Children's Literature - Uma Krishnaswami
Lakota writer, activist, actor, and performer Luther Standing Bear, born in the 1860s, is a remarkable historical figure. Born the year of the treaty that would confine his people in reservations, his traditional boyhood ended when he was sent at eleven to the federal Carlisle Indian Industrial School in Pennsylvania. He would eventually craft his personal story into astonishing narratives (My Indian Boyhood, My People the Sioux), grounding his experiences in his memories of his Lakota upbringing. This collection is therefore a piece of history republished.

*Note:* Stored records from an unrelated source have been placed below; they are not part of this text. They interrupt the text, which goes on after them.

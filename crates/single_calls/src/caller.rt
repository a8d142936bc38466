//! What calls are made with.

ghost use Rattle.std.specs.Prelude.{◌≡◌, IfSome};

use jr_head::read_head;
use jr_scan::{Interval, Scan};
use std::alloc::Global;
use std::io::{Stderr, Write};
use std::sync::Arc;

/// A small file and its scan, and where the lines before and after a call are written. A method for each call returns whether
/// it is right, or `None` if it reports that allocation fails.
#[derive(Drop)]
pub(crate) struct Caller<'a> {
    pub alloc: Global,
    pub file: &'a [u8],
    pub scan: Arc<Scan>,
    pub errors: Stderr,
}

/// Returns the scan of a file, if it has one.
pub(crate) fn scan_of(alloc: Global, file: &[u8]) -> Option<Arc<Scan>> {
    let head = read_head(alloc, file).ok()?;
    match Scan::cut(alloc, head, file) {
        Ok(scan) => Arc::new(alloc, scan).ok(),
        Err(_) => None,
    }
}

impl<'a> Caller<'a> {
    pub(crate) fn of(alloc: Global, file: &'a [u8], errors: Stderr) -> Option<Caller<'a>> {
        if file.len() > 1000 {
            return None;
        }
        let scan = scan_of(alloc, file)?;
        Some(Caller {
            alloc,
            file,
            scan,
            errors,
        })
    }

    pub(crate) fn interval(&self, number: u32) -> Option<Interval>
        ensures { IfSome result (λ i. i.number ≡ number) }
    {
        if number >= self.scan.intervals() {
            return None;
        }
        self.scan.interval(number).ok()
    }

    fn write_line(&mut self, line: &[u8]) {
        let _ = self.errors.write_all(line);
    }

    pub(crate) fn begin(&mut self) {
        self.write_line(b"call begins\n");
    }

    pub(crate) fn end(&mut self) {
        self.write_line(b"call ends\n");
    }
}
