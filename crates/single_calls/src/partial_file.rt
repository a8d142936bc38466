//! An example of a file that arrives: standard input is read in parts, and after each part the lines of the image that
//! the bytes so far determine are written. A reader of the output sees the image grow while the file still arrives.

ghost use Rattle.std.specs.Prelude.{◌≤◌};

use jr_arrival::{Finished, PartialFile};
use jr_base::Memory;
use jr_head::Head;
use jr_paint::{HEADER_SPACE, write_header};
use jr_picture::Counts;
use jr_rows::{paint_scan_lines, shape_of};
use jr_scan::Scan;
use jr_segments::Refusal;
use std::alloc::{AllocError, Global};
use std::io::{Error, Read, Write};
use std::mem::replace;

/// The maximum number of bytes that may be read at once.
const MAX_PART: usize = 1 << 30;

/// More lines than an image has.
const MAX_LINES: u32 = 65_536;

/// The reason why there is no image, or no whole one.
#[derive(Clone, Copy)]
enum Failure {
    Stream,
    /// The file is refused, or allocation fails.
    Refused(Refusal),
}

impl From<Error> for Failure {
    fn from(_failed: Error) -> Self {
        Failure::Stream
    }
}

impl From<AllocError> for Failure {
    fn from(_refused: AllocError) -> Self {
        Failure::Refused(Refusal::Memory)
    }
}

impl From<Memory> for Failure {
    fn from(_refused: Memory) -> Self {
        Failure::Refused(Refusal::Memory)
    }
}

impl From<Refusal> for Failure {
    fn from(refusal: Refusal) -> Self {
        Failure::Refused(refusal)
    }
}

/// Returns the size of that number of lines in bytes, and no more than fit.
fn bytes_of(head: &Head, lines: u32, space: usize) -> usize
    ensures { result ≤ space }
{
    (lines as usize)
        .saturating_mul(shape_of(head).line)
        .min(space)
}

/// Allocates `pixels` for the lines of a row of MCUs and for the header, and writes the header.
fn write_file_header<W: Write>(
    alloc: Global,
    head: &Head,
    pixels: &mut Vec<u8>,
    out: &mut W,
) -> Result<(), Failure> {
    let shape = shape_of(head);
    let lines = (shape.deep as usize).saturating_mul(shape.line);
    drop(replace(pixels, vec![in alloc; 0; lines.max(HEADER_SPACE)]?));
    let filled = write_header(head, pixels.as_mut_slice());
    Ok(out.write_all(&pixels[..filled])?)
}

/// Writes the header if it has come and is not written yet. `pixels` is empty until then.
fn begin<W: Write>(
    alloc: Global,
    partial_file: &mut PartialFile,
    pixels: &mut Vec<u8>,
    out: &mut W,
) -> Result<(), Failure> {
    partial_file.begin(alloc)?;
    match partial_file.head() {
        Some(head) if pixels.is_empty() => write_file_header(alloc, head, pixels, out),
        _ => Ok(()),
    }
}

/// Writes the next lines that are final, and returns whether there are any.
fn write_next<W: Write>(
    alloc: Global,
    partial_file: &mut PartialFile,
    pixels: &mut [u8],
    out: &mut W,
) -> Result<bool, Failure> {
    let lines = partial_file.next_lines(alloc, pixels)?;
    match partial_file.head() {
        Some(head) if lines > 0 => {
            let end = bytes_of(head, lines, pixels.len());
            out.write_all(&pixels[..end])?;
            Ok(true)
        }
        _ => Ok(false),
    }
}

/// Writes the lines that are final so far. `pixels` has space for them once there is a header.
fn write_settled<W: Write>(
    alloc: Global,
    partial_file: &mut PartialFile,
    pixels: &mut [u8],
    out: &mut W,
) -> Result<(), Failure> {
    if pixels.is_empty() {
        return Ok(());
    }
    for _ in 0..MAX_LINES {
        if !write_next(alloc, partial_file, pixels, out)? {
            break;
        }
    }
    Ok(out.flush()?)
}

/// Returns the lines starting at one: those that no further byte has made final.
fn rest_of(alloc: Global, scan: &Scan, first: u32) -> Result<Vec<u8>, Memory> {
    let head = scan.head();
    let left = head.height().saturating_sub(first);
    let mut pixels = vec![in alloc; 0; left as usize * shape_of(head).line]?;
    if left > 0 {
        paint_scan_lines(alloc, scan, first, left, pixels.as_mut_slice())?;
    }
    Ok(pixels)
}

/// Reads a file that arrives in parts of at most `part` bytes, and writes the lines that they make final.
fn take_all<I: Read, W: Write>(
    alloc: Global,
    part: usize,
    input: &mut I,
    partial_file: &mut PartialFile,
    pixels: &mut Vec<u8>,
    out: &mut W,
) -> Result<(), Failure> {
    let mut bytes = vec![in alloc; 0; part]?;
    for _ in 0..u64::MAX {
        let count = input.read(bytes.as_mut_slice())?;
        if count == 0 {
            break;
        }
        partial_file.push(&bytes[..count])?;
        begin(alloc, partial_file, pixels, out)?;
        write_settled(alloc, partial_file, pixels.as_mut_slice(), out)?;
    }
    Ok(())
}

/// Writes what is missing of a finished file's image, of which the given number of lines is written.
/// `pixels` is empty if the header is missing also.
fn write_missing<W: Write>(
    alloc: Global,
    scan: &Scan,
    lines: u32,
    pixels: &mut Vec<u8>,
    out: &mut W,
) -> Result<(), Failure> {
    if pixels.is_empty() {
        write_file_header(alloc, scan.head(), pixels, out)?;
    }
    let rest = rest_of(alloc, scan, lines)?;
    Ok(out.write_all(rest.as_slice())?)
}

/// Writes what is missing when no further byte comes.
fn finish<W: Write>(
    alloc: Global,
    partial_file: PartialFile,
    pixels: &mut Vec<u8>,
    out: &mut W,
) -> Result<Counts, Failure> {
    let lines = partial_file.lines();
    let Finished { scan, counts } = partial_file.finish(alloc)?;
    write_missing(alloc, &scan, lines, pixels, out)?;
    Ok(counts)
}

/// Writes the image of a file that arrives in parts of at most `part` bytes. Returns how many of its restart
/// intervals are sound and damaged.
fn show<I: Read, W: Write>(
    alloc: Global,
    part: usize,
    input: &mut I,
    out: &mut W,
) -> Result<Counts, Failure> {
    let mut partial_file = PartialFile::new(alloc);
    let mut pixels = Vec::new(alloc);
    match take_all(alloc, part, input, &mut partial_file, &mut pixels, out) {
        Ok(()) => finish(alloc, partial_file, &mut pixels, out),
        Err(failure) => Err(failure),
    }
}

/// Reports the numbers of sound and damaged restart intervals, and returns the exit status.
fn report<E: Write>(errors: &mut E, counts: &Counts) -> u8 {
    let (sound, damaged) = (counts.sound, counts.damaged);
    let _ = writeln!(errors, "intervals sound {sound} damaged {damaged}");
    if damaged > 0 { 3 } else { 0 }
}

/// Reports why there is no image, or no whole one, and returns the exit status.
fn report_outcome<E: Write>(errors: &mut E, failure: Failure) -> u8 {
    let _ = match failure {
        Failure::Stream => writeln!(errors, "a stream failed"),
        Failure::Refused(Refusal::Memory) => writeln!(errors, "out of memory"),
        Failure::Refused(refusal) => writeln!(errors, "refused {}: {refusal}", refusal.number()),
    };
    match failure {
        Failure::Stream | Failure::Refused(Refusal::Memory) => 1,
        Failure::Refused(_) => 2,
    }
}

/// Writes the image of standard input, read in parts of at most the given number of bytes, and reports
/// on standard error. Returns the exit status: 0, 3 if an interval is damaged, 1 if a stream or memory failed, 2 for a
/// refused file or another argument.
pub(crate) fn show_input(rt: &HostRuntime, word: &str) -> u8 {
    let (mut out, mut errors) = (rt.stdout(), rt.stderr());
    let part = match word.parse::<usize>() {
        Ok(part) if part > 0 && part <= MAX_PART => part,
        _ => return 2,
    };
    match show(rt.alloc(), part, &mut rt.stdin(), &mut out) {
        Ok(counts) => report(&mut errors, &counts),
        Err(failure) => report_outcome(&mut errors, failure),
    }
}
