//! `jri_check [--map] [--json] [-q] [--counts] [-j N] [-r] [--files0-from LIST] [--state STATE [--verify]] [--strict] FILE..`:
//! reports which JPEG files are sound, and what is damaged of the others.
#![tactic(auto)]

use jri_archive::{Streams, TerminalProgress, program};
use jri_machine::{Ended, Machine, byte_arguments, hold_streams};
use std::alloc::Global;
use std::io::IsTerminal;

fn main(rt: HostRuntime) -> Ended {
    let _held = hold_streams(&rt);
    let alloc: Global = rt.alloc();
    let (out, errors) = (rt.stdout(), rt.stderr());
    let terminal = if errors.is_terminal() {
        Some(rt.stderr())
    } else {
        None
    };
    let progress = TerminalProgress::of(&rt, terminal, out.is_terminal());
    let streams = Streams {
        out,
        errors,
        progress,
    };
    let (directory, lists) = (Machine { rt: &rt }, Machine { rt: &rt });
    let words = byte_arguments(&rt, alloc);
    program(&rt, alloc, directory, &lists, words, streams)
}
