//! What initial values and conditions are made of, and how a reader of tokens refuses.

use crate::token::Token;
use std::alloc::AllocError;

/// What has a value, as written: a register of a hart (the words for both), or a location.
#[derive(Clone, Copy)]
pub enum Target<'a> {
    Register { hart: &'a str, register: &'a str },
    Location(&'a str),
}

/// A value as written: the word of a number, with a minus before it or without, or the name of a location, which means
/// its address.
#[derive(Clone, Copy)]
pub enum Value<'a> {
    Number { negative: bool, digits: &'a str },
    Address(&'a str),
}

/// Why nothing was read: memory was refused, or the tokens stop being of the form. Then these are the tokens from the
/// first on that can't stand where it stands, and none where the tokens end too soon.
#[derive(Clone, Copy)]
pub enum Stop<'b, 'a> {
    Memory,
    At(&'b [Token<'a>]),
}

impl From<AllocError> for Stop<'_, '_> {
    ghost use Rattle.std.specs.Prelude.{◌≡◌};
    ghost use Rattle.fs_litmus_tokens.specs.declared.values.Stop.TheVariants.{Memory};

    ghost from_gives = { λ _ e. e ≡ Memory };

    fn from(_error: AllocError) -> Self {
        Stop::Memory
    }
}
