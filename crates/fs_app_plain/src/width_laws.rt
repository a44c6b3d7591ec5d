//! Executions with accesses of 64 bits.

ghost use Rattle.std.specs.Prelude.{◌≡◌, ◌↔◌, List};
ghost use Rattle.fs_kinds.specs.declared.placement.Entry.{Entry};
ghost use Rattle.fs_model.specs.declared.test.Test.{Test};
ghost use Rattle.fs_model.specs.Test.{IsTest};
ghost use Rattle.fs_model.specs.Execution.{Execution, IsExecution};
ghost use Rattle.fs_model.specs.Shows.{has_outcome};
ghost use Rattle.fs_model.specs.Allows.{Allows};
ghost use Rattle.fs_values.specs.ThinAir.{MeetsNoFault};
ghost use Rattle.fs_app_plain.specs.Wide.{AllowsWide, IsExactTest, IsWideExecution};
ghost use Rattle.fs_app_plain.specs.Wide.{extended_execution, has_wide_outcome};

/// A law: where in no run of a test over its value sets a step makes more than 32 bits hold, and its runs can be listed,
/// the executions with 64 bits are those with 32, all words extended by their signs, whatever fences are placed. They
/// show the outcome where these do; so it is allowed with 64 bits where it is with 32.
pub fn wide_executions_are_extended()
    ensures forth { (t : Test) (p : List Entry) (e : Execution) → IsTest t → MeetsNoFault t → IsExactTest t
        → IsExecution t p e → IsWideExecution t p (extended_execution e)
        × (has_wide_outcome t (extended_execution e) ≡ has_outcome t e) }
    ensures back { (t : Test) (p : List Entry) (e : Execution) → IsTest t → MeetsNoFault t → IsExactTest t
        → IsWideExecution t p e → (f : Execution) × IsExecution t p f × (extended_execution f ≡ e) }
    ensures allowed { (t : Test) (p : List Entry) → IsTest t → MeetsNoFault t → IsExactTest t
        → AllowsWide t p ↔ Allows t p }
{}
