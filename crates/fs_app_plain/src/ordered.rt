//! Loads and stores with the annotations of the extension Zalasr, which are read where that is asked for.

use crate::lexemes::{Lexeme, lexemes};
use std::alloc::{AllocError, Global};

fn is_load_or_store(stem: &str) -> bool {
    matches!(stem, "lw" | "sw" | "ld" | "sd")
}

/// Is it a load or a store with annotations, in small letters?
fn is_ordered(mnemonic: &str) -> bool {
    match mnemonic.split_once('.') {
        Some((stem, suffix)) => {
            is_load_or_store(stem) && matches!(suffix, "aq" | "rl" | "aqrl" | "aq.rl")
        }
        None => false,
    }
}

/// Is it one with its last letter in capitals?
fn is_hidden(mnemonic: &str) -> bool {
    match mnemonic.split_once('.') {
        Some((stem, suffix)) => {
            is_load_or_store(stem) && matches!(suffix, "aQ" | "rL" | "aqrL" | "aq.rL")
        }
        None => false,
    }
}

/// Does the text have loads or stores with annotations?
fn has_ordered(text: &[u8], lexemes: &[Lexeme]) -> bool {
    for lexeme in lexemes {
        if is_ordered(lexeme.word(text)) {
            return true;
        }
    }
    false
}

/// The text with the last letter of each load or store with annotations in capitals, so that its mnemonic is none that
/// the reader knows; nothing where there is none. No other word of a test has a suffix. Linear in the text.
pub(crate) fn hidden(
    alloc: Global,
    text: &[u8],
    lexemes: &[Lexeme],
) -> Result<Option<Vec<u8>>, AllocError> {
    if !has_ordered(text, lexemes) {
        return Ok(None);
    }
    let mut made = Vec::from_slice(alloc, text)?;
    for lexeme in lexemes {
        if is_ordered(lexeme.word(text)) {
            let last = lexeme.end.saturating_sub(1);
            if last < made.len() {
                made[last] = made[last].to_ascii_uppercase();
            }
        }
    }
    Ok(Some(made))
}

/// The text with such mnemonics as the file has them. Linear in the text.
pub fn with_ordered(alloc: Global, text: &[u8]) -> Result<Vec<u8>, AllocError> {
    let mut made = Vec::from_slice(alloc, text)?;
    for lexeme in lexemes(alloc, text, 0)? {
        if is_hidden(lexeme.word(text)) {
            let last = lexeme.end.saturating_sub(1);
            if last < made.len() {
                made[last] = made[last].to_ascii_lowercase();
            }
        }
    }
    Ok(made)
}
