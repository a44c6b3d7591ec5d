//! From the bytes of a test file to its tokens, each with its line; and what a reader of tokens promises.
#![tactic(auto)]

mod few;
mod number;
mod token;
mod values;
mod word;

pub use few::{Few, first_tokens};
pub use number::number_of;
pub use token::{Kind, Mark, Token, tokens};
pub use values::{Stop, Target, Value};
pub use word::Class;
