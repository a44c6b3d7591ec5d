//! Whether registers of 64 bits hold what those of 32 do, their words extended by their signs.

ghost use Rattle.std.specs.Prelude.{◌≡◌, ◌+ℤ◌, ◌-ℤ◌, ◌<◌, true, None, All, FitsSigned, IfOk, IfSome, OnOk, length};
ghost use Rattle.std.specs.Int.{w32, cast_signed};
ghost use Rattle.fs_model.specs.Execute.{read};
ghost use Rattle.fs_model.specs.Execution.{registers_of};
ghost use Rattle.fs_model.specs.Test.{IsBounded, IsStart};
ghost use Rattle.fs_model.specs.Trace.{start_with, after_step};
ghost use Rattle.fs_values.specs.ThinAir.{CanBeListed};
ghost use Rattle.fs_app_plain.specs.Wide.{IsExact, AreExact, IsExactTest};
ghost use Rattle.fs_instr.specs.declared.names.ShiftOp.TheVariants.{Slli, Srli};
ghost use Rattle.fs_app_plain.specs.Exact.{IsExactComputed, IsExactImmediate, IsExactShifted, IsExactCombined};

use fs_hart::Trace;
use fs_instr::{AmoOp, ImmOp, Instr, Reg, RegOp, ShiftOp};
use fs_kinds::Fault;
use fs_model::{Hart, Step, Test};
use fs_values::all_runs;
use std::alloc::Global;

/// An instruction, by its hart and its position.
#[derive(Clone, Copy)]
pub(crate) struct Place {
    pub(crate) hart: usize,
    pub(crate) at: u8,
}

/// Is the number one of 32 bits with a sign?
fn fits(number: i64) -> bool
    ensures { result ≡ true → FitsSigned w32 number }
{
    i64::from(i32::MIN) <= number && number <= i64::from(i32::MAX)
}

fn signed(word: u32) -> i64
    ensures { result ≡ cast_signed w32 word }
{
    i64::from(word.cast_signed())
}

fn sum_fits(first: u32, second: u32) -> bool
    ensures { result ≡ true → FitsSigned w32 (cast_signed w32 first +ℤ cast_signed w32 second) }
{
    fits(signed(first).saturating_add(signed(second)))
}

fn difference_fits(first: u32, second: u32) -> bool
    ensures { result ≡ true → FitsSigned w32 (cast_signed w32 first -ℤ cast_signed w32 second) }
{
    fits(signed(first).saturating_sub(signed(second)))
}

/// Does the word, moved to the left by the low 6 bits of the second, fit?
fn left_fits(word: u32, amount: u32) -> bool
    ensures { result ≡ true → IsExactShifted Slli word amount }
{
    let amount = amount % 64;
    amount < 32 && fits(signed(word).saturating_mul(1_i64 << amount))
}

/// The same to the right with zeros.
fn right_fits(word: u32, amount: u32) -> bool
    ensures { result ≡ true → IsExactShifted Srli word amount }
{
    let amount = amount % 64;
    amount == 0 || amount < 32 && signed(word) >= 0
}

/// The same of two registers.
fn register_fits(op: RegOp, first: u32, second: u32) -> bool
    ensures { result ≡ true → IsExactComputed op first second }
{
    match op {
        RegOp::Add => sum_fits(first, second),
        RegOp::Sub => difference_fits(first, second),
        RegOp::Sll => left_fits(first, second),
        RegOp::Srl => right_fits(first, second),
        RegOp::Sra => second % 64 < 32,
        _ => true,
    }
}

/// The same of a register and an immediate.
fn immediate_fits(op: ImmOp, word: u32, immediate: i32) -> bool
    ensures { result ≡ true → IsExactImmediate op word immediate }
{
    match op {
        ImmOp::Addi => sum_fits(word, immediate.cast_unsigned()),
        _ => true,
    }
}

/// The same of a register and an amount.
fn shift_fits(op: ShiftOp, word: u32, amount: u32) -> bool
    ensures { result ≡ true → IsExactShifted op word amount }
{
    match op {
        ShiftOp::Slli => left_fits(word, amount),
        ShiftOp::Srli => right_fits(word, amount),
        ShiftOp::Srai => amount % 64 < 32,
    }
}

/// The same of what an AMO stores.
fn amo_fits(op: AmoOp, loaded: u32, source: u32) -> bool
    ensures { result ≡ true → IsExactCombined op loaded source }
{
    match op {
        AmoOp::Add => sum_fits(loaded, source),
        _ => true,
    }
}

fn read(state: &Hart, register: Reg) -> u32
    ensures { result ≡ read state.now.registers register }
{
    state.registers[register.number() as usize]
}

/// Does the instruction make the same of the registers, and of the word that it loads, in 64 bits as in 32?
fn is_exact(state: &Hart, step: &Step) -> bool
    ensures { result ≡ true → IsExact state.now step.now }
{
    match step.instr {
        Instr::Register {
            op,
            first,
            second,
            ..
        } => register_fits(op, read(state, first), read(state, second)),
        Instr::Immediate { op, first, imm, .. } => immediate_fits(op, read(state, first), imm),
        Instr::Shift {
            op,
            first,
            amount,
            ..
        } => shift_fits(op, read(state, first), amount),
        Instr::Amo { op, value, .. } => {
            amo_fits(op, step.loaded.unwrap_or(0), read(state, value))
        }
        _ => true,
    }
}

/// The words that the hart's registers begin with.
fn registers_of(test: &Test, hart: usize) -> [u32; 32]
    requires hart { hart < length test.now.starts }
    requires starts { All IsStart test.now.starts }
    ensures { result ≡ registers_of test.now hart }
{
    let words = test.starts.as_slice()[hart].as_slice();
    let mut registers = [0; 32];
    registers.copy_from_slice(words);
    registers
}

/// Takes the step. False where the hart is too far for it.
fn go_on(state: &mut Hart, step: &Step) -> bool
    ensures { result ≡ true → state.new ≡ after_step state.old step.now }
{
    if state.at < 255 {
        state.take(step);
        true
    } else {
        false
    }
}

/// The position of the first instruction of the run that makes something else.
fn inexact_in(registers: [u32; 32], trace: &Trace) -> Option<u8>
    ensures { result ≡ None → AreExact (start_with registers) trace.now.steps }
{
    let mut state = Hart::start(registers);
    for step in trace.steps() {
        if !is_exact(&state, step) || !go_on(&mut state, step) {
            return Some(step.at);
        }
    }
    None
}

/// The same in the first of the runs that has one.
fn inexact_among(registers: [u32; 32], runs: &[Trace]) -> Option<u8>
    ensures { result ≡ None → All (λ trace. AreExact (start_with registers) trace.steps) runs.now }
{
    for trace in runs {
        if let Some(at) = inexact_in(registers, trace) {
            return Some(at);
        }
    }
    None
}

/// The first hart, and in its first run the first instruction, that makes something else. Linear in the runs.
pub(crate) fn inexact(alloc: Global, test: &Test) -> Result<Option<Place>, Fault>
    requires test { IsBounded test.now }
    requires starts { All IsStart test.now.starts }
    ensures within { IfOk result (λ found. IfSome found (λ place. place.hart < length test.now.codes)) }
    ensures exact { IfOk result (λ found. found ≡ None → IsExactTest test.now) }
    ensures listable { OnOk result (CanBeListed test.now) }
{
    let runs = all_runs(alloc, test)?;
    for (hart, of_hart) in runs.iter().enumerate() {
        if let Some(at) = inexact_among(registers_of(test, hart), of_hart.as_slice()) {
            return Ok(Some(Place { hart, at }));
        }
    }
    Ok(None)
}
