impl<'a> Making<'a> {
    /// What is to be made; nothing where the file is in the reader's form, or in none that is known.
    fn new(
        alloc: Global,
        bytes: &'a [u8],
        lexemes: &'a [Lexeme],
        sheet: &'a Sheet,
        forms: Forms,
    ) -> Result<Option<Making<'a>>, AllocError> {
        let Some(asked) = asked_of(bytes, lexemes, sheet.tail) else {
            return Ok(None);
        };
        let Some(condition) = span(lexemes, asked.condition.0, asked.condition.1) else {
            return Ok(None);
        };
        if !is_balanced(bytes, lexemes, asked.condition.0, asked.condition.1) {
            return Ok(None);
        }
        let loops = if forms.unroll {
            loops_of(alloc, bytes, lexemes, sheet)?
        } else {
            None
        };
        if asked.filter.is_some() && !forms.filter || loops.is_none() && asked.filter.is_none() {
            return Ok(None);
        }
        let mut marks = Vec::new(alloc);
        for _ in bytes {
            marks.push(Mark::Kept)?;
        }
        let mut filter = None;
        if let Some((begin, end)) = asked.filter {
            filter = span(lexemes, begin.saturating_add(1), end);
            if filter.is_none() || !is_balanced(bytes, lexemes, begin, end) {
                return Ok(None);
            }
            if let Some((from, to)) = span(lexemes, begin, end) {
                set_all(&mut marks, from, to, Mark::Blank);
            }
        }
        if let Some(found) = &loops {
            mark_branches(&mut marks, lexemes, found);
            if forms.sites {
                mark_labels(&mut marks, lexemes, found);
            }
        }
        Ok(Some(Making {
            bytes,
            lexemes,
            sheet,
            asked,
            loops,
            marks,
            condition,
            filter,
        }))
    }

    /// Appends what stands before the condition.
    fn push_guard(&self, alloc: Global, text: &mut Vec<u8>) -> Result<(), AllocError> {
        text.push(b'(')?;
        if let Some((from, to)) = self.filter {
            text.extend_from_slice(b"( ")?; // no comment begins with it
            push_line(text, part(self.bytes, from, to))?;
            text.push(b')')?;
        }
        if let Some(loops) = &self.loops {
            loops.push_marks(alloc, text, self.filter.is_none())?;
        }
        text.extend_from_slice(if self.asked.is_forall {
            b") => ( "
        } else {
            b") /\\ ( "
        })
    }

    /// Appends the byte of this number, or what stands for it.
    fn push_byte(&self, text: &mut Vec<u8>, at: usize, byte: u8) -> Result<(), AllocError> {
        match self.marks.get(at) {
            Some(Mark::Blank) if byte != b'\n' => text.push(b' ')?,
            Some(Mark::NextTurn) => {
                if let Some(loops) = &self.loops {
                    text.extend_from_slice(loops.next_turn.as_bytes())?;
                }
            }
            Some(Mark::Gone) => {}
            _ => text.push(byte)?,
        }
        Ok(())
    }

    /// The text. Linear in the file.
    fn made(&self, alloc: Global) -> Result<Vec<u8>, AllocError> {
        let mut text = Vec::new(alloc);
        let rows_end = match self.lexemes.get(self.sheet.rows_end) {
            Some(lexeme) => lexeme.end,
            None => 0,
        };
        for (at, byte) in self.bytes.iter().enumerate() {
            if at == rows_end {
                if let Some(loops) = &self.loops {
                    loops.push_rows(alloc, &mut text, self.sheet.columns)?;
                }
            }
            if at == self.condition.0 {
                self.push_guard(alloc, &mut text)?;
            }
            if at == self.condition.1 {
                text.push(b')')?;
            }
            self.push_byte(&mut text, at, *byte)?;
        }
        if self.condition.1 == self.bytes.len() {
            text.push(b')')?;
        }
        Ok(text)
    }
}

An introduction by Frances Washburn offers background by detailing the author's life and placing the stories in the context of his original intent in publishing them back in 1934. The stories themselves are strong and vibrant, the narrative voice rich and affectionate. The story arcs honor places and people, and tell of experiences including loss and sorrow, connections with animals, the endurance of warriors, kindness, escape from an unwanted marriage, and more. One, "Buffalo Brothers," is especially touching as it is a first person narrative. All convey the delicate balance that was involved at the time in carrying deeply felt stories to an audience unfamiliar with them, with the explicit purpose of demonstrating to that audience the humanity of the tellers. The irony of course is that the subtleties of this outreach were largely lost on audiences of 1934 and have remained misunderstood to varying degrees since. Given that issues of cultural appropriation and rhetorical sovereignty are very much extant today, these stories remain both significant and poignant.
Library Journal
Standing Bear told his own story as well as that of his people, the Lakota Indians, with the release of these volumes in the early 1930s, some of the first books to tell his people's history from their point of view. Born a chief's son in 1860, Standing Bear witnessed the Pine Ridge Reservation uprising, was well educated, toured Europe with Buffalo Bill's Wild West show, and became an early champion of Indian rights. Copyright 2006 Reed Business Information.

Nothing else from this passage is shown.